Il attend un instant, croyant que je vais lire, mais je ne bouge point. Après quoi, il se lève :

— Je comprends, monsieur, que vous préfériez être seul pour en prendre connaissance. Que Dieu vous aide ! Si vous le permettez, je reviendrai dans quelque temps.

La porte bat : je me retrouve seul. Et je contemple l’enveloppe blanche sur laquelle mon nom n’est même pas écrit, cette enveloppe qui, paraît-il, vient de ma fille, où elle a mis peut-être sa vraie pensée, où je trouverai, m’assure-t-on, ma première consolation.

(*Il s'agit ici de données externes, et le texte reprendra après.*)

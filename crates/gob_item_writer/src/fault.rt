//! Why an item isn't written.

use gob_nodes::NodesFault;
use gob_stream::WriteFault;
use gob_types::Reason;
use std::fmt;

/// Why an item isn't written. Display writes a line without a line feed.
#[derive(Clone, Copy)]
pub enum ItemFault {
    /// The nodes say no value of the type, or no definition: at the node of this number, from 0. The writer is as
    /// before.
    Nodes(u64),
    /// The item doesn't continue the stream. The writer is as before.
    Refused(Reason),
    /// No memory was had. Nothing of the item is written. The writer is as before, or writes no more: then it answers
    /// `Failed` from here on where an item is whole.
    Memory,
    /// There was no memory before for what was to be written, and the writer writes no more.
    Failed,
}

impl fmt::Display for ItemFault {
    fn fmt<W: fmt::Write>(&self, f: &mut fmt::Formatter<W>) -> fmt::Result {
        match self {
            ItemFault::Nodes(node) => {
                write!(f, "gob: node {node}: another node of the item is due")
            }
            ItemFault::Refused(reason) => {
                let number = reason.number();
                write!(f, "gob: refused {number} {reason}")
            }
            ItemFault::Memory => f.write_str("gob: out of memory"),
            ItemFault::Failed => f.write_str("gob: out of memory before"),
        }
    }
}

impl From<NodesFault> for ItemFault {
    ghost use Rattle.std.specs.Prelude.{◌≡◌};
    ghost use Rattle.gob_item_writer.specs.Faults.{of_nodes};

    ghost from_gives = { λ given fault. fault ≡ of_nodes given };

    fn from(fault: NodesFault) -> ItemFault {
        match fault {
            NodesFault::Wrong(node) => ItemFault::Nodes(node as u64),
            NodesFault::Memory => ItemFault::Memory,
        }
    }
}

impl From<WriteFault> for ItemFault {
    ghost use Rattle.std.specs.Prelude.{◌≡◌};
    ghost use Rattle.gob_item_writer.specs.Faults.{of_writing};

    ghost from_gives = { λ given fault. fault ≡ of_writing given };

    // A write into memory fails for want of it.
    fn from(fault: WriteFault) -> ItemFault {
        match fault {
            WriteFault::Refused(reason) => ItemFault::Refused(reason),
            WriteFault::Write | WriteFault::Memory => ItemFault::Memory,
            WriteFault::Failed => ItemFault::Failed,
        }
    }
}
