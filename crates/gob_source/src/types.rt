//! Types by their names or their parts.

ghost use Rattle.std.specs.Prelude.{◌≡◌};
ghost use Rattle.std.specs.Option.{option_copied};
ghost use Rattle.gob_types.specs.Table.{shape_of};
ghost use Rattle.gob_source.specs.Adds.{Adds};
ghost use Rattle.gob_source.specs.Source.{are_basic_keys, basic_text, defined_text, has_parts, is_basic_key};
ghost use Rattle.gob_source.specs.Source.{is_holder, is_key, is_key_kind};
ghost use Rattle.gob_source.specs.Source.{key_text, parts_text, pointer_text, type_text, used_name};

use crate::declared::Declared;
use crate::library::{Package, is_of_package, package_of, package_of_shape, push_library_name};
use crate::names::{is_identifier, push_own};
use crate::text::{push_number, push_text};
use gob_types::{Field, Kind, Shape, Shapes, TypeId};
use std::alloc::AllocError;

/// Appends the type as Go source names it in the definition of another, written out so many levels down where it has
/// no name.
#[cycle(source)]
pub(crate) fn push_type<S: Shapes>(
    types: &Declared<'_, S>,
    of: TypeId,
    id: TypeId,
    levels: u64,
    out: &mut Vec<u8>,
) -> Result<(), AllocError>
    ensures { Adds result out.old.items out.new.items
        (type_text levels (S.table types.now.shapes.now) types.now.ids.now of id) }
{
    match basic_name(id) {
        Some(name) => push_text(name, out),
        None => push_defined(types, of, id, levels, out),
    }
}

/// The name of a basic type.
pub(crate) fn basic_name(id: TypeId) -> Option<&'static [u8]>
    ensures { option_copied result ≡ basic_text id.0 }
{
    let name: &'static [u8] = match id.0 {
        1 => b"bool",
        2 => b"int",
        3 => b"uint",
        4 => b"float64",
        5 => b"[]byte",
        6 => b"string",
        7 => b"complex128",
        8 => b"interface{}",
        _ => return None,
    };
    Some(name)
}

// Appends a type that isn't basic.
#[cycle(source)]
fn push_defined<S: Shapes>(
    types: &Declared<'_, S>,
    of: TypeId,
    id: TypeId,
    levels: u64,
    out: &mut Vec<u8>,
) -> Result<(), AllocError>
    ensures { Adds result out.old.items out.new.items
        (defined_text levels (S.table types.now.shapes.now) types.now.ids.now of id) }
{
    let Some(shape) = types.shapes.shape_of(id) else {
        return push_text(b"struct{}", out);
    };
    if !types.declares(id) {
        return push_text(b"struct{}", out);
    }
    if levels == 0 || !has_parts(shape) {
        return push_used(types, id, shape, out);
    }
    push_parts(types, of, &shape.kind, levels - 1, out)
}

// Appends the name by which other types refer to one.
fn push_used<S: Shapes>(
    types: &Declared<'_, S>,
    id: TypeId,
    shape: &Shape,
    out: &mut Vec<u8>,
) -> Result<(), AllocError>
    ensures { Adds result out.old.items out.new.items
        (used_name (S.table types.now.shapes.now) types.now.ids.now id shape.now) }
{
    match package_of_shape(shape) {
        Some(owner) => push_library_name(owner, shape.name.as_bytes(), out),
        None => push_own(types, id, shape.name.as_bytes(), out),
    }
}

/// Appends a list or a map by its parts, written out so many levels down.
#[cycle(source)]
pub(crate) fn push_parts<S: Shapes>(
    types: &Declared<'_, S>,
    of: TypeId,
    kind: &Kind,
    levels: u64,
    out: &mut Vec<u8>,
) -> Result<(), AllocError>
    ensures { Adds result out.old.items out.new.items
        (parts_text (pointer_text (S.table types.now.shapes.now) types.now.ids.now of)
        (key_text (S.table types.now.shapes.now))
        (type_text levels (S.table types.now.shapes.now) types.now.ids.now of) kind.now) }
{
    match kind {
        Kind::Array { elem, len } => {
            push_text(b"[", out)?;
            push_number(*len, out)?;
            push_text(b"]", out)?;
            push_pointer(types, of, *elem, out)?;
            push_type(types, of, *elem, levels, out)
        }
        Kind::Slice { elem } => {
            push_text(b"[]", out)?;
            push_type(types, of, *elem, levels, out)
        }
        Kind::Map { key, elem } => {
            push_text(b"map[", out)?;
            push_key(types.shapes, *key, out)?;
            push_type(types, of, *key, levels, out)?;
            push_text(b"]", out)?;
            push_type(types, of, *elem, levels, out)
        }
        _ => push_text(b"struct{}", out),
    }
}

/// Appends the star of a type that stands behind a pointer in the definition of another.
pub(crate) fn push_pointer<S: Shapes>(
    types: &Declared<'_, S>,
    of: TypeId,
    id: TypeId,
    out: &mut Vec<u8>,
) -> Result<(), AllocError>
    ensures { Adds result out.old.items out.new.items
        (pointer_text (S.table types.now.shapes.now) types.now.ids.now of id) }
{
    if types.comes_by(of, id) && is_holder(types.shapes, id) {
        return push_text(b"*", out);
    }
    Ok(())
}

// Appends the star of a type that can't be that of the keys of a map.
fn push_key<S: Shapes>(shapes: &S, id: TypeId, out: &mut Vec<u8>) -> Result<(), AllocError>
    ensures { Adds result out.old.items out.new.items (key_text (S.table shapes.now) id) }
{
    if is_key(shapes, id) {
        return Ok(());
    }
    push_text(b"*", out)
}

// Whether Go can compare the values of a type, as far as is seen one level down.
fn is_key<S: Shapes>(shapes: &S, id: TypeId) -> bool
    ensures { result ≡ is_key (S.table shapes.now) id }
{
    if id.0 <= 8 {
        return id.0 != 5;
    }
    match shapes.shape_of(id) {
        Some(shape) => is_key_kind(shape.name.as_bytes(), &shape.kind),
        None => true,
    }
}

fn is_key_kind(name: &[u8], kind: &Kind) -> bool
    ensures { result ≡ is_key_kind name.now kind.now }
{
    match kind {
        Kind::Array { elem, .. } => is_basic_key(*elem),
        Kind::Struct { fields } => are_basic_keys(fields.as_slice()),
        Kind::Opaque(marshal) => !is_of_package(Package::Big, package_of(name, *marshal)),
        _ => false,
    }
}

fn are_basic_keys(fields: &[Field]) -> bool
    ensures { result ≡ are_basic_keys fields.now }
{
    fields.iter().all(|field| is_basic_key(field.id))
}

// Whether this is a basic type whose values Go can compare.
fn is_basic_key(id: TypeId) -> bool
    ensures { result ≡ is_basic_key id }
{
    id.0 <= 8 && id.0 != 5
}

// Whether the type is a list or a map without a name of its own.
fn has_parts(shape: &Shape) -> bool
    ensures { result ≡ has_parts shape.now }
{
    match shape.kind {
        Kind::Array { .. } | Kind::Slice { .. } | Kind::Map { .. } => {
            !is_identifier(shape.name.as_bytes())
        }
        _ => false,
    }
}

// Whether the type is a struct, or an array with a name: it may hold itself.
fn is_holder<S: Shapes>(shapes: &S, id: TypeId) -> bool
    ensures { result ≡ is_holder (shape_of (S.table shapes.now) id) }
{
    let Some(shape) = shapes.shape_of(id) else {
        return false;
    };
    match shape.kind {
        Kind::Struct { .. } => true,
        Kind::Array { .. } => is_identifier(shape.name.as_bytes()),
        _ => false,
    }
}
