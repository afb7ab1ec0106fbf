//! The names of the fields of a struct, as they are seen.

ghost use Rattle.std.specs.Prelude.{◌≡◌, ◌++◌, ◌∷◌, [], ◌&&◌, not, IfOk, List};
ghost use Rattle.gob_types.specs.declared.kind.Field.{Field};
ghost use Rattle.gob_source.specs.Machine.{KnowsNames, has_name, with_name};
ghost use Rattle.gob_source.specs.Names.{is_identifier, is_reserved};
ghost use Rattle.gob_source.specs.Source.{is_declared};

use crate::names::{is_identifier, is_reserved};
use gob_types::Field;
use indexmap::IndexSet;
use std::alloc::{AllocError, Global};
use std::marker::Model;

/// The names of the fields that were seen, each of them once. A name is found by its hash.
#[derive(Drop)]
pub(crate) struct FieldNames<'a> {
    names: IndexSet<&'a [u8]>,
}

impl<'a> Model for FieldNames<'a> {
    ghost use Rattle.std.specs.Prelude.{ℕ, List, map};

    ghost Value = { List (List ℕ) };

    ghost view = { λ s. map (λ name. name.now) s.names.keys };
}

impl<'a> FieldNames<'a> {
    /// No field was seen.
    pub(crate) fn new(alloc: Global) -> FieldNames<'a>
        ensures { result ≡ [] }
    {
        FieldNames {
            names: IndexSet::new(alloc),
        }
    }

    /// Whether a struct can declare the field behind those that were seen. It is one of these then.
    pub(crate) fn declares(&mut self, field: &'a Field) -> Result<bool, AllocError>
        ensures { IfOk result (λ declared. (seen : List Field) → KnowsNames self.old seen
            → (declared ≡ is_declared seen field.now) × KnowsNames self.new (seen ++ field.now ∷ [])) }
    {
        let name = field.name.as_bytes();
        let first = self.add(name)?;
        Ok(can_declare(name, first))
    }

    /// Adds a name, and says whether it is new.
    pub(crate) fn add(&mut self, name: &'a [u8]) -> Result<bool, AllocError>
        ensures { IfOk result (λ new. (new ≡ not (has_name name.now self.old))
            × (self.new ≡ with_name self.old name.now)) }
    {
        let (_, new) = self.names.insert_full(name)?;
        Ok(new)
    }
}

// Whether a struct can declare a field of this name, which may be the first of its kind.
fn can_declare(name: &[u8], first: bool) -> bool
    ensures { result ≡ (is_identifier name.now && (not (is_reserved name.now) && first)) }
{
    is_identifier(name) && !is_reserved(name) && first
}
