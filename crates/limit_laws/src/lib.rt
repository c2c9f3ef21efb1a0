// The limits of one round for sound cabinets. It has no function.
#![tactic(auto)]
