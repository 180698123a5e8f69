//! What one line of a text says.

ghost use Rattle.std.specs.Prelude.{◌≡◌, map, option_map, option_and_then, IfOk};
ghost use Rattle.std.specs.Result.{result_ok};
ghost use Rattle.pr_lines.specs.TextLines.{words, only};
ghost use Rattle.pr_lines.specs.WordTerms.{key_of, name_of, generation_of, code_of};
ghost use Rattle.pr_lines.specs.Clauses.{clause_of};
ghost use Rattle.pr_lines.specs.ScenarioLines.{list_of, alternative_of, everybody_of, single_of, start_reservation_of, name_in, only_name, only_count, budget_in, parse_fence, parse_order, parse_of_name, item_of, declares, alone_line, keys_line, start_line, pending_line, refusals_line, reservation_line, role_line, script_line};
ghost use Rattle.pr_lines.specs.inside.Keywords.{parse_plain, parse_after};
ghost use Rattle.pr_lines.specs.LineValues.{wanted_seen, line_of_value};

use crate::clauses::{clause_of, test_of};
use crate::cutting::{alone, if_alone, is, is_end, next_word, word_in};
use crate::keyword::{Keyword, keyword_of};
use crate::lookup::lookup;
use crate::misfit::{Misfit, Wanted};
use crate::spelling::{ParsedCommand, spelled_in, spelled_of};
use crate::terms::{code_of, count_of, generation_of, key_of, kind_of, name_of};
use crate::versions::VERSIONS;
use pr_attention::Attention;
use pr_cdb::Kind;
use pr_registry::is_all;
use pr_roles::{Clause, Word};
use pr_script::Test;
use std::alloc::{AllocError, Global};

/// A reservation that there may be at the start: an ALT of a line `reservation` (docs/FORMATS.md, 'The lines of a
/// scenario').
#[derive(Clone, Copy)]
pub enum StartReservation {
    /// There is none.
    Nobody,
    /// It has one holder, with this name.
    Single(Kind, Word),
    /// All registrants hold it.
    Everybody(Kind),
}

/// A refusal in which the unit has no part (SAM-5, 'Status').
#[derive(Clone, Copy, Debug, PartialEq, Eq)]
pub enum RefusalKind {
    /// BUSY.
    Busy,
    /// TASK SET FULL.
    Full,
}

/// A line that keeps its shape, with the terms on it (docs/FORMATS.md, 'The lines of a scenario' and 'Statements').
///
/// A list has at least one element. A term has its form, and need not be one that the text may have there: a name
/// need not be declared, nor a key, and a count may be past its limit.
#[derive(Drop)]
pub enum ScenarioLine {
    /// The first line with words: the version of the language, 1 or 2.
    Fence(u8),
    /// The declared keys, none of them zero.
    Keys(Vec<u64>),
    /// A host with this name.
    Host(Word),
    /// A guest with this name.
    Guest(Word),
    /// What the nexus with this name may be registered with at the start: a key, or nothing where it is free.
    Start(Word, Vec<Option<u64>>),
    /// The attentions that may be pending at the start for the nexus with this name.
    Pending(Word, Vec<Attention>),
    /// How often the nexus with this name may meet this refusal.
    Refusals(RefusalKind, Word, u64),
    /// The reservations that there may be at the start.
    Reservation(Vec<StartReservation>),
    /// The generation of the first start.
    Generation(u32),
    /// How often the unit may be reset during a run.
    Resets(u64),
    /// Nobody else sends on the paths of the hosts with these names.
    Alone(Vec<Word>),
    /// The disk looks at the reservation before it reports an attention other than a power on.
    Order,
    /// One clause more of the role of the nexus with this name.
    Role(Word, Clause),
    /// A script begins, of the host with this name, and with this budget of commands.
    Script(Word, u64),
    /// A plan begins, of the guest with this name.
    Plan(Word),
    /// The end of a script or a plan.
    End,
    /// A send of this command, with its arms to come.
    Send(ParsedCommand),
    /// An arm, for the replies that pass this test.
    On(Test),
    /// The end of a send or a repeat.
    Done,
    /// A repeat of so many turns.
    Repeat(u64),
    /// A break of the innermost repeat.
    Break,
    /// A stop with this word.
    Stop(Word),
    /// A command of a plan.
    Command(ParsedCommand),
}

/// What the line says that begins with the word and goes on with `rest`, or where it does not keep its shape
/// (docs/FORMATS.md, 'The lines of a scenario', 'Statements' and 'COMMAND').
///
/// A line whose first word is none of those that lines begin with is a command of a plan. The one error is want of
/// memory for a list.
#[tactic(auto, using(crate::proofs::lemmas::ScenarioLines::Words::by_keyword))]
pub fn item_of(
    alloc: Global,
    word: &[u8],
    rest: &[u8],
) -> Result<Result<ScenarioLine, Misfit>, AllocError>
    ensures { IfOk result (λ item. option_map line_of_value (result_ok item)
        ≡ item_of word.now (words rest.now)) }
{
    match keyword_of(word) {
        Some(keyword) => parse_after(alloc, keyword, rest),
        None => Ok(spelled_of(word, rest).map(ScenarioLine::Command)),
    }
}

// What the words behind the keyword say.
fn parse_after(
    alloc: Global,
    keyword: Keyword,
    rest: &[u8],
) -> Result<Result<ScenarioLine, Misfit>, AllocError>
    ensures { IfOk result (λ item. option_map line_of_value (result_ok item)
        ≡ parse_after keyword (words rest.now)) }
{
    match keyword {
        Keyword::Keys => parse_keys(alloc, rest),
        Keyword::Start => parse_start(alloc, rest),
        Keyword::Pending => parse_pending(alloc, rest),
        Keyword::Reservation => parse_reservation(alloc, rest),
        Keyword::Alone => parse_alone(alloc, rest),
        other => Ok(parse_plain(other, rest)),
    }
}

// What the words behind a keyword say that takes no list.
#[tactic(auto, using(crate::proofs::lemmas::TextLines::Cuts::mapped_alone))]
fn parse_plain(keyword: Keyword, rest: &[u8]) -> Result<ScenarioLine, Misfit>
    ensures { option_map line_of_value (result_ok result) ≡ parse_plain keyword (words rest.now) }
{
    match keyword {
        Keyword::Fence => parse_fence(rest),
        Keyword::Host => Ok(ScenarioLine::Host(only_name(rest)?)),
        Keyword::Guest => Ok(ScenarioLine::Guest(only_name(rest)?)),
        Keyword::Busy => parse_refusals(RefusalKind::Busy, rest),
        Keyword::Full => parse_refusals(RefusalKind::Full, rest),
        Keyword::Generation => Ok(ScenarioLine::Generation(only_generation(rest)?)),
        Keyword::Resets => Ok(ScenarioLine::Resets(only_count(rest)?)),
        Keyword::Order => parse_order(rest),
        Keyword::Role => parse_role(rest),
        Keyword::Script => parse_script(rest),
        Keyword::Plan => Ok(ScenarioLine::Plan(only_name(rest)?)),
        Keyword::End => if_alone(ScenarioLine::End, rest),
        Keyword::Send => Ok(ScenarioLine::Send(spelled_in(rest)?)),
        Keyword::On => Ok(ScenarioLine::On(test_of(rest)?)),
        Keyword::Done => if_alone(ScenarioLine::Done, rest),
        Keyword::Repeat => Ok(ScenarioLine::Repeat(only_count(rest)?)),
        Keyword::Break => if_alone(ScenarioLine::Break, rest),
        Keyword::Stop => Ok(ScenarioLine::Stop(only_name(rest)?)),
        Keyword::Keys | Keyword::Start | Keyword::Pending | Keyword::Reservation | Keyword::Alone =>
            Err(Misfit::missing(Wanted::End)),
    }
}
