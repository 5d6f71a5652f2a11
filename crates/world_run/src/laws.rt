//! What is owed under the free law. The function does nothing: its clauses are theorems.
ghost use Rattle.std.specs.Prelude.{ℕ, List};
ghost use Rattle.stm_model.specs.Attempt.{Write};
ghost use Rattle.stm_model.specs.declared.access.Ask.{Ask};
ghost use Rattle.world_run.specs.Run.{AsksMeetOwed};
ghost use Rattle.world_run.specs.Simulation.{Simulation, MeetsOwedNext};

use stm_model::{Free, Law};

/// Under the free law any attempt meets what is owed, and so do any asks.
pub fn the_free_law_owes_nothing()
    ensures next { (simulation : Simulation Free) (p : ℕ) → MeetsOwedNext ⟦<Free as Law>⟧.lawful ⟦<Free as Law>⟧.may simulation p }
    ensures asks { (law : Free) (size : ℕ) (writes : List Write) (levels : List (List Write)) (asks : List Ask) →
        AsksMeetOwed (⟦<Free as Law>⟧.lawful law) (⟦<Free as Law>⟧.may law) size writes levels asks }
{}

Près de quarante-huit heures s’écoulèrent, le croiriez-vous ? durant lesquelles je n’y touchai pas, tant j’avais l’effroi de ne trouver que des phrases pieuses, l’espoir d’y découvrir que j’étais encore aimé, et une crainte sourde de me heurter à de nouvelles douleurs.

Enfin, vaincu par le désir d’approcher une dernière fois ma fille, je sortis, en tremblant, le feuillet, et je lus.

Que je dise tout de suite que je n’ai plus la possibilité de montrer cette lettre, cette confession plutôt : je l’ai brûlée. Elle n’était pas d’ailleurs de la main de Geneviève, trop faible déjà pour écrire elle-même. Le contenu, cependant, en reste gravé là… Il y a des phrases qu’on lit une fois et qui s’impriment au fer rouge. Ces phrases, non plus, je ne les répéterai pas. Trop souvent, depuis lors, je me suis demandé s’il n’eût pas été mieux de les ignorer !… En revanche, pour vous éclairer, il est nécessaire de résumer l’essentiel…

Et d’abord, ma fille me demandait pardon ! oui, — pardon de m’avoir quitté, pardon de s’être dérobée à l’immense tendresse qu’elle savait lui être donnée, pardon de n’avoir pas dit comme elle me la rendait…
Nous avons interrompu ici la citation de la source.